Task item: Below are the records. Gather each line that holds "label".

(Source records begins)

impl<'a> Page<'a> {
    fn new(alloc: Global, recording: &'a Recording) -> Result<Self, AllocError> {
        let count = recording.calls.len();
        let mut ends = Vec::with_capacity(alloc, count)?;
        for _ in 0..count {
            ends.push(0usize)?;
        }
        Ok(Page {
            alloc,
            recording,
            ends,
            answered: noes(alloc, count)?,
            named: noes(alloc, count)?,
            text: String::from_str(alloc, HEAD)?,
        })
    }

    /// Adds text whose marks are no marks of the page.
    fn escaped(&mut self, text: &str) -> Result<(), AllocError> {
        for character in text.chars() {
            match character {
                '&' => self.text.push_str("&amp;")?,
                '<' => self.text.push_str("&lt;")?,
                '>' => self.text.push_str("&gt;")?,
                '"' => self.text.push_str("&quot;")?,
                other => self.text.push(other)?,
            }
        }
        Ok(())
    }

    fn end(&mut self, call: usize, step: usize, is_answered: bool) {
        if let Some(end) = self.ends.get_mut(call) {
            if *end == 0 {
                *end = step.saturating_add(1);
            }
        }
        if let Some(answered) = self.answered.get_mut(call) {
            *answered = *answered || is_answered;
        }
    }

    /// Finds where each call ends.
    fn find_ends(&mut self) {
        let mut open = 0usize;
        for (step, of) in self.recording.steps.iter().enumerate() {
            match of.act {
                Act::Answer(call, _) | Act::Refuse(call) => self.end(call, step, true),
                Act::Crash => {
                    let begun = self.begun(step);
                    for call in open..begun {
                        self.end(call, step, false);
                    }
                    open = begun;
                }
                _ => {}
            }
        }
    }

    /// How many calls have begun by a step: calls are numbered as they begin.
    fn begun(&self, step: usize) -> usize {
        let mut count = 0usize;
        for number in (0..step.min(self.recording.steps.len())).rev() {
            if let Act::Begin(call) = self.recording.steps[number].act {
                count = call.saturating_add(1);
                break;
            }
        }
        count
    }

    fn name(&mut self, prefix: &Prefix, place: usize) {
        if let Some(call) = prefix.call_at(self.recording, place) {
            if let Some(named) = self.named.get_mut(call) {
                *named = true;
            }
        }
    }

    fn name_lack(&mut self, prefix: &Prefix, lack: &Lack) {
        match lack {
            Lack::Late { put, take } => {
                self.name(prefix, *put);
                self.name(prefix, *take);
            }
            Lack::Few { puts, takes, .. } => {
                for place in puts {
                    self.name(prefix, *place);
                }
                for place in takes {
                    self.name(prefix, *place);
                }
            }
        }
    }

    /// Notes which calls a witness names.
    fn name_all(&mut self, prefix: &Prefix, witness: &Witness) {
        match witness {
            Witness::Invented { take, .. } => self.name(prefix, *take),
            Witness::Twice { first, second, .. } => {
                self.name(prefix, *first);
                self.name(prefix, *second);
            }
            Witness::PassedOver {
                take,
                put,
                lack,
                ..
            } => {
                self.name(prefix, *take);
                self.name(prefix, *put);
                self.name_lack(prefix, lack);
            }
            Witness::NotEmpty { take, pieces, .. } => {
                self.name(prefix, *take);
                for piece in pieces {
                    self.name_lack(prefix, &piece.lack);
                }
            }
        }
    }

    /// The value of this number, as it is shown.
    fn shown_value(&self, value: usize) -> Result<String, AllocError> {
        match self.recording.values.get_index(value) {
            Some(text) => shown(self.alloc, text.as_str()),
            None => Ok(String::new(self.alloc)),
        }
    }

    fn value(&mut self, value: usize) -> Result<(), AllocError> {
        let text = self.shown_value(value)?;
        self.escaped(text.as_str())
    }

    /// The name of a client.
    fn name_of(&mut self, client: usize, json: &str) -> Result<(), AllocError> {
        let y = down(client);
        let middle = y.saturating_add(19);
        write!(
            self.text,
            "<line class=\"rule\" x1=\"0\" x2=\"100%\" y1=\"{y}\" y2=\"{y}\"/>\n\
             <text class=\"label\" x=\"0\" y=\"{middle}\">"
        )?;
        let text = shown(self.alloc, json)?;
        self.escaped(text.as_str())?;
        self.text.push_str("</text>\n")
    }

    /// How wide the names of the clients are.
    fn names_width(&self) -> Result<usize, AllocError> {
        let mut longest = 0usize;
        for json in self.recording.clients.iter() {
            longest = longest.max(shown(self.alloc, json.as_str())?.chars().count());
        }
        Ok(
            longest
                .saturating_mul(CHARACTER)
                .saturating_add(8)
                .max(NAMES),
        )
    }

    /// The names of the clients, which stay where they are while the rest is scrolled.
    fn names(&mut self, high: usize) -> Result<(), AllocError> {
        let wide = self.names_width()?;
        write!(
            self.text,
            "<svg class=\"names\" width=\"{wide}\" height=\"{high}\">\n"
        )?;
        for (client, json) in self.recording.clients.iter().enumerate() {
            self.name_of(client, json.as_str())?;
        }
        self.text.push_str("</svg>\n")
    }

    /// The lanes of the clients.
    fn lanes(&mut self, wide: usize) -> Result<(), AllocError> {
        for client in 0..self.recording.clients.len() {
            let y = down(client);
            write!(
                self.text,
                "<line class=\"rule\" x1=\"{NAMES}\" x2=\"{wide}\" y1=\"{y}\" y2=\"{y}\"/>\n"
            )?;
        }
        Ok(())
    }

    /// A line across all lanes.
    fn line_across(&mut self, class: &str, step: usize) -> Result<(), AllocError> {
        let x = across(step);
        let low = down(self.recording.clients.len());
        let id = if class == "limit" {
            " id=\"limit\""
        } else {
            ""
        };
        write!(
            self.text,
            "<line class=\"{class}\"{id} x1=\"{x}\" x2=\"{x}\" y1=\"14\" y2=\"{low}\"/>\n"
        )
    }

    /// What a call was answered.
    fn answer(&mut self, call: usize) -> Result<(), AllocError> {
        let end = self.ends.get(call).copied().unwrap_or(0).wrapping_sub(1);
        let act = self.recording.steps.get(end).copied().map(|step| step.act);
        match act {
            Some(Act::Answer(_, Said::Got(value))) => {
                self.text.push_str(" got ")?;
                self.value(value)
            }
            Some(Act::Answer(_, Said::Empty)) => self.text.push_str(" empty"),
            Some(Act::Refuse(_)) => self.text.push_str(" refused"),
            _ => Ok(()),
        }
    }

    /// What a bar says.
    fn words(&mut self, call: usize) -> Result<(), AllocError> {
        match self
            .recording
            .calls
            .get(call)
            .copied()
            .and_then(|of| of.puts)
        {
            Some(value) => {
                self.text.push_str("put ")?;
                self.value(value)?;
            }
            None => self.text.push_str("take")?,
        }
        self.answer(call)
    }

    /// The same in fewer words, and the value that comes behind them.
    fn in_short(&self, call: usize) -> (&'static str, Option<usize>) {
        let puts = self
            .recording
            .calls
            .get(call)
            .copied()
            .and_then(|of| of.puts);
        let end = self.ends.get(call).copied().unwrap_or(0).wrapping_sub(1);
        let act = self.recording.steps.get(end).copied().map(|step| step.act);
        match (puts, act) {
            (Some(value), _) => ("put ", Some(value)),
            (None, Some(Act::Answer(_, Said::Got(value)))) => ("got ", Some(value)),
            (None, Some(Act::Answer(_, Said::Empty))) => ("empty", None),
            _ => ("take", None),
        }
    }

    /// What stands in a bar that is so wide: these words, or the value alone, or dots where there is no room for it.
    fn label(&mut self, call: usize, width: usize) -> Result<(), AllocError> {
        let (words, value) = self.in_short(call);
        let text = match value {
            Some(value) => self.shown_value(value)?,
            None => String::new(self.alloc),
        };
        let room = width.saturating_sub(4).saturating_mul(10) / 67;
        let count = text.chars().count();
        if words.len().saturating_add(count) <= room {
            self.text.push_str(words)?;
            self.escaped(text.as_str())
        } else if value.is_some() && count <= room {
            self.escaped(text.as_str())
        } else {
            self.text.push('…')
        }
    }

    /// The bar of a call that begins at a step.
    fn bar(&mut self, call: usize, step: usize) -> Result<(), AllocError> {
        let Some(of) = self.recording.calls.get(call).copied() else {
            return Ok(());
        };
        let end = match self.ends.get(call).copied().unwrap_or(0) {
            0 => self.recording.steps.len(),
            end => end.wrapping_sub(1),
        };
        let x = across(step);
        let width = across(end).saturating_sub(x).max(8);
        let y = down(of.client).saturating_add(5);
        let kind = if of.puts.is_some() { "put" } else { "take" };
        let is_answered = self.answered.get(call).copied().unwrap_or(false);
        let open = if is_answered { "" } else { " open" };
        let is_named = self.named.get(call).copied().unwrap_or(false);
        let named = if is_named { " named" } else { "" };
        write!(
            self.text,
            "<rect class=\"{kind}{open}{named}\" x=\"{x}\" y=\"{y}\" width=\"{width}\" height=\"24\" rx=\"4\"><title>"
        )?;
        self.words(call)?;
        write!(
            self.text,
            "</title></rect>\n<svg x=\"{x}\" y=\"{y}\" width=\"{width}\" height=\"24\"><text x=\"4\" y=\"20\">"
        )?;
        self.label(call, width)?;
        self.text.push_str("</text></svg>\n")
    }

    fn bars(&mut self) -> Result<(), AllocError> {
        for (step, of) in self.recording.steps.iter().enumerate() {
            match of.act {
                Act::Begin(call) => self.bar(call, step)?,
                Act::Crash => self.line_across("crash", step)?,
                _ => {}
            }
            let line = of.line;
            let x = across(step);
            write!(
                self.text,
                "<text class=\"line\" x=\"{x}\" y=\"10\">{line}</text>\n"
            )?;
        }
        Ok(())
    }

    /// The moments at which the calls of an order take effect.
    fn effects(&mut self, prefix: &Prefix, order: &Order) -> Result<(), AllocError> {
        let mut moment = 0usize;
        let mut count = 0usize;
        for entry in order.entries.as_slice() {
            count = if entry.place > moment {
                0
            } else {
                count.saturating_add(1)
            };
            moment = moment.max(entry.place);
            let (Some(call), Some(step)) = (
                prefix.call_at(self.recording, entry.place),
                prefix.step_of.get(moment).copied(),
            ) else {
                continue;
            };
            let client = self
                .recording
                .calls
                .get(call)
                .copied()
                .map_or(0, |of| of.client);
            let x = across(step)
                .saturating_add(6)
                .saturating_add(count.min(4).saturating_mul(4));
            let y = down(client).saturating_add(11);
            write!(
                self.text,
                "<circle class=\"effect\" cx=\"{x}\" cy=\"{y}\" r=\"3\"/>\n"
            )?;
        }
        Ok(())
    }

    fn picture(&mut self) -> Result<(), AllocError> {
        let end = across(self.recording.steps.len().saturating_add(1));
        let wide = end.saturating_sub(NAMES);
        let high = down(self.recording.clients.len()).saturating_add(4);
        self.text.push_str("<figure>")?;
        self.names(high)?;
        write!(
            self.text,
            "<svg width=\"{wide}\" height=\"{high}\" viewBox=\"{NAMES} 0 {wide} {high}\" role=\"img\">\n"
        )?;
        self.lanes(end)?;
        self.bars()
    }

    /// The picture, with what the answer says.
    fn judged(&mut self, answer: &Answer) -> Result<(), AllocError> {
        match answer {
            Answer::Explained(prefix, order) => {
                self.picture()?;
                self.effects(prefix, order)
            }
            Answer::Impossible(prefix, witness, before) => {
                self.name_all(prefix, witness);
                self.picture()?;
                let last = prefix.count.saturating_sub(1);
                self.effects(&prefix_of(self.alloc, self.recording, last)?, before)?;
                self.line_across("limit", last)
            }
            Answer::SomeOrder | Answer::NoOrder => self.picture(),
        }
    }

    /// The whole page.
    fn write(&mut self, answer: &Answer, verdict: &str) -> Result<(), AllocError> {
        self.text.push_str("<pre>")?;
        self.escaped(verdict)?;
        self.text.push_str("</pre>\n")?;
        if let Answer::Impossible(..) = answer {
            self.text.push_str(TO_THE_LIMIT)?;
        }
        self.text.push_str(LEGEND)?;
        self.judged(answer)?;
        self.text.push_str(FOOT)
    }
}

(Source records ends)

Response to the task:
             <text class=\"label\" x=\"0\" y=\"{middle}\">"
    fn label(&mut self, call: usize, width: usize) -> Result<(), AllocError> {
        self.label(call, width)?;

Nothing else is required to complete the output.